▶ [Brief]
In the entries that follow, the lines from the one with "kept, octets, bits);" through the one with "history < 2" are the ones to write out, exactly and with both ends included. Nothing else should appear.

▶ [Available records]
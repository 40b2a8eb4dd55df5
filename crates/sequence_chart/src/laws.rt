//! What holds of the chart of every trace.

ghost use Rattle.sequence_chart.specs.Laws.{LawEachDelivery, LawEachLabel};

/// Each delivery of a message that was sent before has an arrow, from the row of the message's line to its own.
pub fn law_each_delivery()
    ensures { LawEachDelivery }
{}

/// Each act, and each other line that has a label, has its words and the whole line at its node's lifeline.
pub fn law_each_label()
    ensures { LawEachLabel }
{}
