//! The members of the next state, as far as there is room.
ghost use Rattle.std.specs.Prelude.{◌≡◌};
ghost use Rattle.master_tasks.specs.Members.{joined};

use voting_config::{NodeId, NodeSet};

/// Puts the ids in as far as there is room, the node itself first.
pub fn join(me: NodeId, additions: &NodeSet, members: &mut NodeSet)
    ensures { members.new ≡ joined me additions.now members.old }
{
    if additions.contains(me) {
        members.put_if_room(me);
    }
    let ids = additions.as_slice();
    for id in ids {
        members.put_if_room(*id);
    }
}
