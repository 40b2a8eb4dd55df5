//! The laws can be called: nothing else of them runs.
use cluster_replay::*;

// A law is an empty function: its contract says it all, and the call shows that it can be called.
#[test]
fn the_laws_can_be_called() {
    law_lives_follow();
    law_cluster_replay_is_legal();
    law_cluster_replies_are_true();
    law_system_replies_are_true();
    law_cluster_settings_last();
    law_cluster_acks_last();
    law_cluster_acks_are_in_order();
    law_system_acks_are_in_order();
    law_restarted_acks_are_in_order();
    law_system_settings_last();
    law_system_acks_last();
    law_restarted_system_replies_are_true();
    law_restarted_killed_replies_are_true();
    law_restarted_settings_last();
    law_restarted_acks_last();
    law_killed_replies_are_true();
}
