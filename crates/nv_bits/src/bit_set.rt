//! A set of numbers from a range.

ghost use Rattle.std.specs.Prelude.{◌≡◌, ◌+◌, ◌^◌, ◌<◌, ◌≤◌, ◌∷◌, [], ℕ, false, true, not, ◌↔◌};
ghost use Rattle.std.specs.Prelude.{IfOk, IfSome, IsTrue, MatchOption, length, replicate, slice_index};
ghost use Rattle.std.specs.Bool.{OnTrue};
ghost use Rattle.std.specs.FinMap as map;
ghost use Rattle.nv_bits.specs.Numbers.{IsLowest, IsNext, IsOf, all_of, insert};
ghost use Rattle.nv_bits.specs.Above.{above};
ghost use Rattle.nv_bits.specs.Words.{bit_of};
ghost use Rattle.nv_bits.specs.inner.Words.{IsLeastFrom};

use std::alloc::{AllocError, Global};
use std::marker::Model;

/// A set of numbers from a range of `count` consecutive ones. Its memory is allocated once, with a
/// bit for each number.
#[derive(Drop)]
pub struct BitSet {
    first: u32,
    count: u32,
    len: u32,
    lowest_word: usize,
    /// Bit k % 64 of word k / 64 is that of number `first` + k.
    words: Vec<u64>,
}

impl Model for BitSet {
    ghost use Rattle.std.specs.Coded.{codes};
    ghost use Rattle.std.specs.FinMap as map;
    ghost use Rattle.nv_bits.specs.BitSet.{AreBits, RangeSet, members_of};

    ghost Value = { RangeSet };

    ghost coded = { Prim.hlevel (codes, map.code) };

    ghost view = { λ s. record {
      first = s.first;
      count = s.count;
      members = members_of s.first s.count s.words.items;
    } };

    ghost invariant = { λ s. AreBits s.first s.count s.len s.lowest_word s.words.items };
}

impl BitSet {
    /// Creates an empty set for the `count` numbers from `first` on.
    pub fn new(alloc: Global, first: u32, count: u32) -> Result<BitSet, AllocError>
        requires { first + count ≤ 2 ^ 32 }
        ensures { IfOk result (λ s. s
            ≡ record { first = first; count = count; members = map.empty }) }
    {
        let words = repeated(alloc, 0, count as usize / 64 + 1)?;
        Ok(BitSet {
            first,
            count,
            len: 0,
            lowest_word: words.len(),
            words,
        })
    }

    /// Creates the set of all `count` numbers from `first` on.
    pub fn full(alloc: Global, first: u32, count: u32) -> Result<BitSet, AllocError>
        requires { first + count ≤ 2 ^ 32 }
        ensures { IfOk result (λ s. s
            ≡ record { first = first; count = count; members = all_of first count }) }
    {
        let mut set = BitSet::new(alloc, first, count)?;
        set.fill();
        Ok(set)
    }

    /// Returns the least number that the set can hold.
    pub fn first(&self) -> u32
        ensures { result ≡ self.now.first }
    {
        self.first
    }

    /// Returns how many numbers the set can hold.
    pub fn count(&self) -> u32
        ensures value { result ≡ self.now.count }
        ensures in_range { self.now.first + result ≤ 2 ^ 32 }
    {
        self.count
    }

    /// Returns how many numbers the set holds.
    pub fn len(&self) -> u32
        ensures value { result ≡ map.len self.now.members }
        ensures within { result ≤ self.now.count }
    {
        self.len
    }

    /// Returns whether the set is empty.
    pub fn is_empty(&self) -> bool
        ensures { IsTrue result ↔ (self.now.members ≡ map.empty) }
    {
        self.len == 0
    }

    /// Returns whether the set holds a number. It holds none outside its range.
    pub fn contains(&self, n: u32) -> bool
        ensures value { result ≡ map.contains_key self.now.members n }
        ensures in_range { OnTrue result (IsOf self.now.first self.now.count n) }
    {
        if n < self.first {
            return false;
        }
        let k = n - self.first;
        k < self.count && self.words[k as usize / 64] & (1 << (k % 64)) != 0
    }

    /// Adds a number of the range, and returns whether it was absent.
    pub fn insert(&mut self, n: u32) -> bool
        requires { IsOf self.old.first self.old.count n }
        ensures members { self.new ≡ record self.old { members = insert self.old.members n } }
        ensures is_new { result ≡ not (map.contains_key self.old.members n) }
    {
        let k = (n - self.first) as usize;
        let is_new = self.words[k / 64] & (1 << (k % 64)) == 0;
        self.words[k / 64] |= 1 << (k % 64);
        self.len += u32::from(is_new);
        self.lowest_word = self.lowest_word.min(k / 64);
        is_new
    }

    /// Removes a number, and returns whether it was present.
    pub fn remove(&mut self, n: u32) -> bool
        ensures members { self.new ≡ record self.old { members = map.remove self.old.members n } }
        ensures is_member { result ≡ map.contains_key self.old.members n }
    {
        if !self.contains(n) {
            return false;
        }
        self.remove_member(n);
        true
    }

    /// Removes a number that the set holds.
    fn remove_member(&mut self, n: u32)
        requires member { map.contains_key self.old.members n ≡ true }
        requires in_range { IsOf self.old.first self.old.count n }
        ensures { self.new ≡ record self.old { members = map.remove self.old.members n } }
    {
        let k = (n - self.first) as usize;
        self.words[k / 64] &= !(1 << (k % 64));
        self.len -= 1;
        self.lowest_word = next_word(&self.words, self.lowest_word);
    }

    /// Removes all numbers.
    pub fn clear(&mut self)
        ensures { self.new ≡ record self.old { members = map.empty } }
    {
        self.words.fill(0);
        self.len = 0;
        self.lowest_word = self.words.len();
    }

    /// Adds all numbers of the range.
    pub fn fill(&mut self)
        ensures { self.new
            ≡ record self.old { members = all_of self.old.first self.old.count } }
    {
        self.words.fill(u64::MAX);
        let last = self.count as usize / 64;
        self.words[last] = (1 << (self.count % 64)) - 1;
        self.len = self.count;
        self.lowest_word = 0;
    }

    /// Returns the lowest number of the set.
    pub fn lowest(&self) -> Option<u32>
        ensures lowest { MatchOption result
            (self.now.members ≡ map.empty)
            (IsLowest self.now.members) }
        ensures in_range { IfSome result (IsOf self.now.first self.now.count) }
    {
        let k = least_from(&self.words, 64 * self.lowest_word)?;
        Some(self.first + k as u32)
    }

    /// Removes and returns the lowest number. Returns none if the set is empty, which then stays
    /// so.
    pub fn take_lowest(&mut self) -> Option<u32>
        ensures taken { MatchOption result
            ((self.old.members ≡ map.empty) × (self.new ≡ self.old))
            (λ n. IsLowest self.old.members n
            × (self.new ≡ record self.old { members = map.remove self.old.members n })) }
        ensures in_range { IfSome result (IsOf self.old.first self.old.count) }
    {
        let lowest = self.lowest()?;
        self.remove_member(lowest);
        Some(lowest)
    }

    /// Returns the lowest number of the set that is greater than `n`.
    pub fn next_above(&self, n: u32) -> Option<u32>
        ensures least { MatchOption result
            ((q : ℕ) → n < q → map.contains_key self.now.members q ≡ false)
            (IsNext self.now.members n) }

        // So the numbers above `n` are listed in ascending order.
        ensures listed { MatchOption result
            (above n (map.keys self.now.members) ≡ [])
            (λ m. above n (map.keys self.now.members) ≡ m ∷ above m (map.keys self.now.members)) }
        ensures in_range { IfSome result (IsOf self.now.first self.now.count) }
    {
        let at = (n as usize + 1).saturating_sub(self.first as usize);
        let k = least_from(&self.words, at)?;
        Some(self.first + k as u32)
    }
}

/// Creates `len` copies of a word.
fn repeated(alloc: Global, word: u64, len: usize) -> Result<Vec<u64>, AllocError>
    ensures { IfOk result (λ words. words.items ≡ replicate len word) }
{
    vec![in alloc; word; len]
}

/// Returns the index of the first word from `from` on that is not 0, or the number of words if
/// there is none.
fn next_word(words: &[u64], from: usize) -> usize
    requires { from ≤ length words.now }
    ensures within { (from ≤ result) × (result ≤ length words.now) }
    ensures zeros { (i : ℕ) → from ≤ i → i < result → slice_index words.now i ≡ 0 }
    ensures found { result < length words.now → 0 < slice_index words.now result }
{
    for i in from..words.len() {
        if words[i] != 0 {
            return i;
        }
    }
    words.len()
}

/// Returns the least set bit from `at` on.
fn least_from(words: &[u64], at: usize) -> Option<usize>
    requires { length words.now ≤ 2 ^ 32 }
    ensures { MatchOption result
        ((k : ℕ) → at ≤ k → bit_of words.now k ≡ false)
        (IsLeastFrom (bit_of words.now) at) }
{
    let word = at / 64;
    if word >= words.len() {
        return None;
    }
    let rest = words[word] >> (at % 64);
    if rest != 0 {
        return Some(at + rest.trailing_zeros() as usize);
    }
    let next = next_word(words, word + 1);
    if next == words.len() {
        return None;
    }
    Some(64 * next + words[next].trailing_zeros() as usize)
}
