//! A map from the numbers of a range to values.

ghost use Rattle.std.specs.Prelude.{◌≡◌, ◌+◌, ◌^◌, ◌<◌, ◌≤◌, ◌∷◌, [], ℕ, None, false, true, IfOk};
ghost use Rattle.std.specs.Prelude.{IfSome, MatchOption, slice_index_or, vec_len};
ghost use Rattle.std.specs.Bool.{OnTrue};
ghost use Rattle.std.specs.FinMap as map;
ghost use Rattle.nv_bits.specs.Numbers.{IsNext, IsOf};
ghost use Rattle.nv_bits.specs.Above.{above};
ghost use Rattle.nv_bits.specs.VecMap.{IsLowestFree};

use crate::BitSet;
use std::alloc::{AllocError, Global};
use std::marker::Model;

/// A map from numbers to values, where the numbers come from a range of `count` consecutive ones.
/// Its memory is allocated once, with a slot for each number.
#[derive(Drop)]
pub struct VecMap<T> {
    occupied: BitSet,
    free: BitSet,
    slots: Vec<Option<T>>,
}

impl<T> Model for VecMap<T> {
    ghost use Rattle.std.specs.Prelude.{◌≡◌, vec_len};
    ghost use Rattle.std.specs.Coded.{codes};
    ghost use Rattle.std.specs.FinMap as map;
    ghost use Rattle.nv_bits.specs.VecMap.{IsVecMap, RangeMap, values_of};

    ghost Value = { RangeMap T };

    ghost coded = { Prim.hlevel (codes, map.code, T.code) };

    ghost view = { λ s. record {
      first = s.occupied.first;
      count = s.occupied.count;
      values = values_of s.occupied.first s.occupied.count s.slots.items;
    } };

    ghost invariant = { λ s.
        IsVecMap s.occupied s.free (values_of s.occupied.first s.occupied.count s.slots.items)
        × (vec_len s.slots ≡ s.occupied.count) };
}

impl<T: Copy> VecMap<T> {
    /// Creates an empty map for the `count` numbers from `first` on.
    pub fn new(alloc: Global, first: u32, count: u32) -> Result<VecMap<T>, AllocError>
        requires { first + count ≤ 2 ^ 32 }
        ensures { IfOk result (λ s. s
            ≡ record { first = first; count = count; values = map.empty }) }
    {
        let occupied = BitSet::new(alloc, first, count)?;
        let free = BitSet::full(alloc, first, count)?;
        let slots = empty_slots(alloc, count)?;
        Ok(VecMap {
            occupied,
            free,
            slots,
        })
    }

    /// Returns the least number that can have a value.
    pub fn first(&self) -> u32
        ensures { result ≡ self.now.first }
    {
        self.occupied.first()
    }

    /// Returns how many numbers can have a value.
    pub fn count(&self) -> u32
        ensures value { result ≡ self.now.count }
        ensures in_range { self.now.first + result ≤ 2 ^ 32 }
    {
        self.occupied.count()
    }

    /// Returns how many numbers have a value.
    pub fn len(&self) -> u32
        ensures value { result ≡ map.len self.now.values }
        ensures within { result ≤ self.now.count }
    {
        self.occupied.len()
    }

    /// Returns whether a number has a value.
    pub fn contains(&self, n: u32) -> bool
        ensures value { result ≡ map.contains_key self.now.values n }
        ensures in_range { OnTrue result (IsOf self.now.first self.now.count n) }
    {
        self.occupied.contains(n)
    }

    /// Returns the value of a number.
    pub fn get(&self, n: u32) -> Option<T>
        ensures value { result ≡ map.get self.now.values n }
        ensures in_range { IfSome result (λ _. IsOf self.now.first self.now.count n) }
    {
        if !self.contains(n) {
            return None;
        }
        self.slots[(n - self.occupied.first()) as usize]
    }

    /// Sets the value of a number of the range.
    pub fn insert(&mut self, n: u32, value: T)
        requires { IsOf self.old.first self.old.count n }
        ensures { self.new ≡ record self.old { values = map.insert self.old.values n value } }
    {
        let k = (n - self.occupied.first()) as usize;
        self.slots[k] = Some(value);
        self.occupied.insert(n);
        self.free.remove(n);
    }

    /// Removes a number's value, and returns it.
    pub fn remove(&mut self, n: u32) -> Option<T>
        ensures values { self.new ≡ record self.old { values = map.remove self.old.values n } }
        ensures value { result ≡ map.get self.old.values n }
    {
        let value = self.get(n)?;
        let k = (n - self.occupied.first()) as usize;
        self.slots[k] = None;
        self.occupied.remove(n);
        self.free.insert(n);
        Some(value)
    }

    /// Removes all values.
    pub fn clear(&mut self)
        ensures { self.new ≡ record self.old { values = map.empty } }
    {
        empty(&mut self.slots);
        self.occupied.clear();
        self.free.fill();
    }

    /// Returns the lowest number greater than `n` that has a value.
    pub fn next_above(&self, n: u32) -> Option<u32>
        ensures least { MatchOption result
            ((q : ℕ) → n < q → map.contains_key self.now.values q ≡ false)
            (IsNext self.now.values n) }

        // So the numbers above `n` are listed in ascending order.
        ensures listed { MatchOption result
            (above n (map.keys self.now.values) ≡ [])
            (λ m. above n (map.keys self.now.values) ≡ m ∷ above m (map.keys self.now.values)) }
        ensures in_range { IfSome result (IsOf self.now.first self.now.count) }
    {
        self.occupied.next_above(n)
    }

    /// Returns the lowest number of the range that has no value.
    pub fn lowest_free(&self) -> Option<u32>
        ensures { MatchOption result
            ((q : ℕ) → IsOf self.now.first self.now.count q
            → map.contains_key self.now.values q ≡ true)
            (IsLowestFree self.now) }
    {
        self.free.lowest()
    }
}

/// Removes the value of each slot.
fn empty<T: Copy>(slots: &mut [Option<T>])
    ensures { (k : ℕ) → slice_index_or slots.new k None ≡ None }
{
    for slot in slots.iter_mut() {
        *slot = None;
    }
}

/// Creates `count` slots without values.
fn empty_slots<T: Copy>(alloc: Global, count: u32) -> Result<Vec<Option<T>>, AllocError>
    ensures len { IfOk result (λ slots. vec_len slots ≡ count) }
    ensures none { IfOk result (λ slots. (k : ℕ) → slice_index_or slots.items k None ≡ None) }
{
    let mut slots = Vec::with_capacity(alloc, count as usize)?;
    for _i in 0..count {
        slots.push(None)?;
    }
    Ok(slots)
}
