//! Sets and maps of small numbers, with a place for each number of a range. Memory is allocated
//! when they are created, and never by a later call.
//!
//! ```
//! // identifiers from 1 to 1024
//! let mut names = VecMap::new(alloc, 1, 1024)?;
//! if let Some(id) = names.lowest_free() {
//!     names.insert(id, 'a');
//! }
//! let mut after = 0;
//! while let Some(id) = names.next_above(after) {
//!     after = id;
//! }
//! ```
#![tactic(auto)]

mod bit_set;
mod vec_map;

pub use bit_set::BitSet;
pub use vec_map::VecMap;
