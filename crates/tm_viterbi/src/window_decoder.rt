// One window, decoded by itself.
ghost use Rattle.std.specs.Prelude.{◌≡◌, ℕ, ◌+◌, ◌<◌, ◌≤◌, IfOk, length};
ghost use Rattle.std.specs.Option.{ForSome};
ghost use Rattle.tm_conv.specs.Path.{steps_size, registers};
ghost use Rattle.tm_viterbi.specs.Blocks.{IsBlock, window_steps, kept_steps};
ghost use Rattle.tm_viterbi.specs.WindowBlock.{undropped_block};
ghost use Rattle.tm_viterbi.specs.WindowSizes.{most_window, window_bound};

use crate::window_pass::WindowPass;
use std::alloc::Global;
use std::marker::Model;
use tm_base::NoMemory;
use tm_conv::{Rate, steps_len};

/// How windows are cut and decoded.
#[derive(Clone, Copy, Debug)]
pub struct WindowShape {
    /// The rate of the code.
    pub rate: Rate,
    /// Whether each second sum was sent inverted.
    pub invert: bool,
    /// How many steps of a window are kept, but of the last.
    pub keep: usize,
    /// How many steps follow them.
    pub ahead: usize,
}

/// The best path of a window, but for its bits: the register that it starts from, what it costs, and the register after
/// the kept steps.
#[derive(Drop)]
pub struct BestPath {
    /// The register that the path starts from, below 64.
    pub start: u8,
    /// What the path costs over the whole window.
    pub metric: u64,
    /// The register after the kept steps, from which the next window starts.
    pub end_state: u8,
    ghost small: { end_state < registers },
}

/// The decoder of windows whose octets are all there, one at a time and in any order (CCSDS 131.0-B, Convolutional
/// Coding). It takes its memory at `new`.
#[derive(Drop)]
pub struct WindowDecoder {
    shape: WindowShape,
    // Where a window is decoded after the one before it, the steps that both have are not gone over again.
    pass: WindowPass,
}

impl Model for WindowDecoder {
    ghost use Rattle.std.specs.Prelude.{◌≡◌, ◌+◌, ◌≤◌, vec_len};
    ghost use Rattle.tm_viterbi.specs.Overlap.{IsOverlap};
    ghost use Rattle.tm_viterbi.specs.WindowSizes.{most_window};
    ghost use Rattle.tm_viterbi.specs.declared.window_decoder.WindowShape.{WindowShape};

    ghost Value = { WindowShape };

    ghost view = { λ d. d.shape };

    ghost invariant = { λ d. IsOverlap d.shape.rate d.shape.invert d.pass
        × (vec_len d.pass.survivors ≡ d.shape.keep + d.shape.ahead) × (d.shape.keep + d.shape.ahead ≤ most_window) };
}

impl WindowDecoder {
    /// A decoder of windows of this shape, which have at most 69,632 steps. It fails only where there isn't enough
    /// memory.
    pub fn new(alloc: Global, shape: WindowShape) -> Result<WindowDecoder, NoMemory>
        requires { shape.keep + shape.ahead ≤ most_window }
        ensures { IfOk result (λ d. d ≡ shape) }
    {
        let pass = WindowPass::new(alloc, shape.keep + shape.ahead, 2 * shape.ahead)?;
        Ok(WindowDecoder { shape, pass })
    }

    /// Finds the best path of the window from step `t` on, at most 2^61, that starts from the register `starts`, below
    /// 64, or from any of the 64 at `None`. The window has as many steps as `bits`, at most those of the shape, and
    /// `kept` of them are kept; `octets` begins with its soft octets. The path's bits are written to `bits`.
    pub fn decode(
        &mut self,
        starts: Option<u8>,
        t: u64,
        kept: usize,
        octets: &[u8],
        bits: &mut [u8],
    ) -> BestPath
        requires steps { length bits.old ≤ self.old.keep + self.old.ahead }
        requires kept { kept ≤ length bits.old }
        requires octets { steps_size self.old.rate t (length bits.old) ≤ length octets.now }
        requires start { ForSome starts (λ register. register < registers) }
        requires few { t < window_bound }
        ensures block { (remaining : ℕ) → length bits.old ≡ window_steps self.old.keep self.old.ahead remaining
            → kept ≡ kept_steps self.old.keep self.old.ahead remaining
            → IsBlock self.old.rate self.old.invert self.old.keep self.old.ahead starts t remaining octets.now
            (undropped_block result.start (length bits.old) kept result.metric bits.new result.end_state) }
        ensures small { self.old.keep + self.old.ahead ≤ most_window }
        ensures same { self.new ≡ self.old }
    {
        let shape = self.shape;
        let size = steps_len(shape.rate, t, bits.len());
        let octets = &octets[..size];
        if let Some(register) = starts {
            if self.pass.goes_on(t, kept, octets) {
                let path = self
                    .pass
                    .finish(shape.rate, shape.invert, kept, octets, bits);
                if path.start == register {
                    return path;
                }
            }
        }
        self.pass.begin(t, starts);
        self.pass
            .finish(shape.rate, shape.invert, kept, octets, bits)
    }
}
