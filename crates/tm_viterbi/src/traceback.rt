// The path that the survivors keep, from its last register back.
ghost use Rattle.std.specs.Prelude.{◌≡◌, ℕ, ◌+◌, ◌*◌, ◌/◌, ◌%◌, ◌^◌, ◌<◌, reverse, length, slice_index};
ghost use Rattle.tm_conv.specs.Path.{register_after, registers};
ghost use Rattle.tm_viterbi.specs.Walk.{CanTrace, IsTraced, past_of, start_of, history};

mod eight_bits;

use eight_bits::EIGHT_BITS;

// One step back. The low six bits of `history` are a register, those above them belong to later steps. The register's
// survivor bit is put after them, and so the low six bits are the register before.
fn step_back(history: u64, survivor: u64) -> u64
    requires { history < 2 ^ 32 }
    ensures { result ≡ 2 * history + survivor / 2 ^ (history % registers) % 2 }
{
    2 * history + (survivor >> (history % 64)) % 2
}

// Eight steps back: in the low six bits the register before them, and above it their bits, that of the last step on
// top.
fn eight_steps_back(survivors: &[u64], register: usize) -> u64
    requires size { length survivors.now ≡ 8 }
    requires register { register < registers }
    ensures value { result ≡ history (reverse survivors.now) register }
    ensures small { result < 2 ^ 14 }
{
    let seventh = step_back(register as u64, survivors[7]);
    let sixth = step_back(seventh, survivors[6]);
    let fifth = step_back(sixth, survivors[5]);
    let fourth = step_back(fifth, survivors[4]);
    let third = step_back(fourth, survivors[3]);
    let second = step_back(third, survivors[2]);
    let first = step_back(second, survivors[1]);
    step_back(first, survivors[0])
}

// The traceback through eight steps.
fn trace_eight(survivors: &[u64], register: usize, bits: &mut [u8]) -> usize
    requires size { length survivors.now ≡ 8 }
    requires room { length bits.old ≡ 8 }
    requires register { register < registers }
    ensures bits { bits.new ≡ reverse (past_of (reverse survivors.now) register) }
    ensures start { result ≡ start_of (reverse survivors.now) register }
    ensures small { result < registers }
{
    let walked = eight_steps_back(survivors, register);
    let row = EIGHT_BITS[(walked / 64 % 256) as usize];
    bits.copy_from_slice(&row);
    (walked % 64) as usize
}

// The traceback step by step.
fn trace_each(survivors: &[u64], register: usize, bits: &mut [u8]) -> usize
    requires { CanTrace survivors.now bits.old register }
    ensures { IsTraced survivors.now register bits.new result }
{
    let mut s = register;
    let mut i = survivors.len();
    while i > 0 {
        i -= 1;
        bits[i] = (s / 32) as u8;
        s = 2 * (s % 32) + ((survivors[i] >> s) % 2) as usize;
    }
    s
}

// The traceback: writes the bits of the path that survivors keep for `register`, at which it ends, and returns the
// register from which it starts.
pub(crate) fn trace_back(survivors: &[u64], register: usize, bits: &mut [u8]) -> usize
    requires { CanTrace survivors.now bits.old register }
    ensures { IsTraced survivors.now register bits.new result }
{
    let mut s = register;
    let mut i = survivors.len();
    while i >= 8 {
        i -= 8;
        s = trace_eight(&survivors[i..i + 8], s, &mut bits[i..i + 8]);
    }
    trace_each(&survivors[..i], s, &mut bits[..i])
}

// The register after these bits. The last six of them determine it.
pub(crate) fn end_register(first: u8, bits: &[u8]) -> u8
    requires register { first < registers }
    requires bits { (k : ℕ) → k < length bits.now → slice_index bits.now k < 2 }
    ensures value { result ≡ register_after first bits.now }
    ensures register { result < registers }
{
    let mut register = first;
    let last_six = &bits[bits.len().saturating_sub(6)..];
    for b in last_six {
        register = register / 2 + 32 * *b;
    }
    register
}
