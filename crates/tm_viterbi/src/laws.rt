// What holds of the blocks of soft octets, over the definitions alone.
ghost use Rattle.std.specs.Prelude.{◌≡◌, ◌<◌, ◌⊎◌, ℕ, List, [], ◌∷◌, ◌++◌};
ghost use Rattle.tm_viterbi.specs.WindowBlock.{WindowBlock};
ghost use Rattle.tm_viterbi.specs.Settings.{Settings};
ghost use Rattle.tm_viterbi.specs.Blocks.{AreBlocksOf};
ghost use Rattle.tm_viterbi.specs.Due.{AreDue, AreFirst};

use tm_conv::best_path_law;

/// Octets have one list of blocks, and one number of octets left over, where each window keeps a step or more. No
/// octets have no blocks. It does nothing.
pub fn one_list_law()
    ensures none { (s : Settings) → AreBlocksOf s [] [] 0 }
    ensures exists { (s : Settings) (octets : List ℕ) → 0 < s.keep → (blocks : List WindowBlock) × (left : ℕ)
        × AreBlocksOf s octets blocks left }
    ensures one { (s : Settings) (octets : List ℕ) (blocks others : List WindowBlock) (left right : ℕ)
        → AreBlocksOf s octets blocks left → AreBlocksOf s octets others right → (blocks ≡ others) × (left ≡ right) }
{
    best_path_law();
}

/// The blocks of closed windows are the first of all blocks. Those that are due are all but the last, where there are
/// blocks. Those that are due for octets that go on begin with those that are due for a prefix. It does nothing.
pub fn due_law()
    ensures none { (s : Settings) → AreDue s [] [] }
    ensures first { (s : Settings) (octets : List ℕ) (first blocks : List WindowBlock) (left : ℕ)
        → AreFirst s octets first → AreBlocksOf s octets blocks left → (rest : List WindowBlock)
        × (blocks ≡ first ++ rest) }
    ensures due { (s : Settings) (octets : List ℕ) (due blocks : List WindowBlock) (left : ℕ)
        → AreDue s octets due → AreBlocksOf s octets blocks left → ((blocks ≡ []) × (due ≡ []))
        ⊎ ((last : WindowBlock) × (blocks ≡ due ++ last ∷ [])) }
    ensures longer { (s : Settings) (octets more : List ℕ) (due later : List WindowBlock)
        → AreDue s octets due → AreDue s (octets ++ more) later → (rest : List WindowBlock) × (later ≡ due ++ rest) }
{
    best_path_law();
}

▶ [Output]
                    .finish(shape.rate, shape.invert, kept, octets, bits);
                if path.start == register {
                    return path;
                }
            }
        }
        self.pass.begin(t, starts);
        self.pass
            .finish(shape.rate, shape.invert, kept, octets, bits)
    }
}
filename crates/tm_viterbi/src/traceback.rt
// The path that the survivors keep, from its last register back.
ghost use Rattle.std.specs.Prelude.{◌≡◌, ℕ, ◌+◌, ◌*◌, ◌/◌, ◌%◌, ◌^◌, ◌<◌, reverse, length, slice_index};
ghost use Rattle.tm_conv.specs.Path.{register_after, registers};
ghost use Rattle.tm_viterbi.specs.Walk.{CanTrace, IsTraced, past_of, start_of, history};

mod eight_bits;

use eight_bits::EIGHT_BITS;

// One step back. The low six bits of `history` are a register, those above them belong to later steps. The register's
// survivor bit is put after them, and so the low six bits are the register before.
fn step_back(history: u64, survivor: u64) -> u64
    requires { history < 2 ^ 32 }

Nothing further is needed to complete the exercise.